// The two calls of KMACXOF256 that a seal of the KMAC AEAD is made of (KMAC AEAD, 1.2.2 and 1.2.3), as the sponge runs them. Their contracts hold for strings
// of every length: what is refused is decided above.
#![tactic(auto)]

ghost use Rattle.std.specs.Prelude.{◌≡◌, ◌++◌, ◌+◌, length};
ghost use Rattle.calls.specs.Count.{output_runs};
ghost use Rattle.sponge.specs.Running.{state_of, squeezed, after};
ghost use Rattle.byte_strings.specs.Combined.{combined};
ghost use Rattle.aead.specs.Limits.{authentication_key_length};
ghost use Rattle.seal_calls.specs.SealCalls.{Begins, TagMade};

use aead::AUTHENTICATION_KEY_LENGTH;
use calls::output_runs;
use encode::RATE;
use message::absorb_message;
use sponge::Sponge;
use start::{NO_START, start_keyed};

// A key stream of which the authentication key has been squeezed.
#[derive(Clone, Copy)]
pub struct Stream {
    pub authentication: [u8; AUTHENTICATION_KEY_LENGTH],
    // What gives the rest.
    pub sponge: Sponge,
    // The permutations of the whole stream.
    pub runs: usize,
}

impl Stream {
    // The rest of the stream, squeezed into `out` and combined with the text there.
    pub fn combine(&mut self, text: &[u8], out: &mut [u8])
        ensures text { out.new ≡ combined text.now (squeezed (length out.old) (state_of self.old.sponge)) }
        ensures sponge { state_of self.new.sponge ≡ after (length out.old) (state_of self.old.sponge) }
        ensures authentication { self.new.authentication ≡ self.old.authentication }
        ensures runs { self.new.runs ≡ self.old.runs }
    {
        self.sponge.squeeze(out);
        byte_strings::combine(text, out);
    }
}

// The share in the permutations that the authentication key and n bytes more have, with no sum that could wrap.
fn stream_share(n: usize) -> usize
    ensures { result ≡ output_runs (authentication_key_length + n) }
{
    n / RATE + (n % RATE + AUTHENTICATION_KEY_LENGTH - 1) / RATE
}

// The key stream for a text of n bytes.
#[tactic(auto, using(start::proofs::Calls::start_or_none))]
pub fn begin_stream(key: &[u8], iv: &[u8], n: usize) -> Stream
    ensures { Begins key.now iv.now n result }
{
    let start = start_keyed(key, iv).unwrap_or(NO_START);
    let mut sponge = start.sponge();
    // An empty message, and right_encode(0).
    let blocks = absorb_message(&mut sponge, start.suffix, b"", b"", b"\x00\x01");
    let mut authentication = [0u8; AUTHENTICATION_KEY_LENGTH];
    sponge.squeeze(&mut authentication);
    Stream {
        authentication,
        sponge,
        runs: start.blocks + blocks + stream_share(n),
    }
}

// The tag over a ciphertext and a label; its permutations.
#[tactic(auto, using(start::proofs::Calls::start_or_none))]
pub fn make_tag(authentication: &[u8], ciphertext: &[u8], label: &[u8], tag: &mut [u8]) -> usize
    ensures { TagMade authentication.now ciphertext.now label.now tag.new (length tag.old) result }
{
    let n = tag.len();
    let start = start_keyed(authentication, b"").unwrap_or(NO_START);
    let mut sponge = start.sponge();
    // The last piece is right_encode(0).
    let blocks = absorb_message(&mut sponge, start.suffix, ciphertext, label, b"\x00\x01");
    sponge.squeeze(tag);
    start.blocks + blocks + output_runs(n)
}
---------------
WORK TO BE COMPLETED:
Match on "squeezed" and copy out every line of the entries that contains it.

FINISHED TASK:
ghost use Rattle.sponge.specs.Running.{state_of, squeezed, after};
// A key stream of which the authentication key has been squeezed.
    // The rest of the stream, squeezed into `out` and combined with the text there.
        ensures text { out.new ≡ combined text.now (squeezed (length out.old) (state_of self.old.sponge)) }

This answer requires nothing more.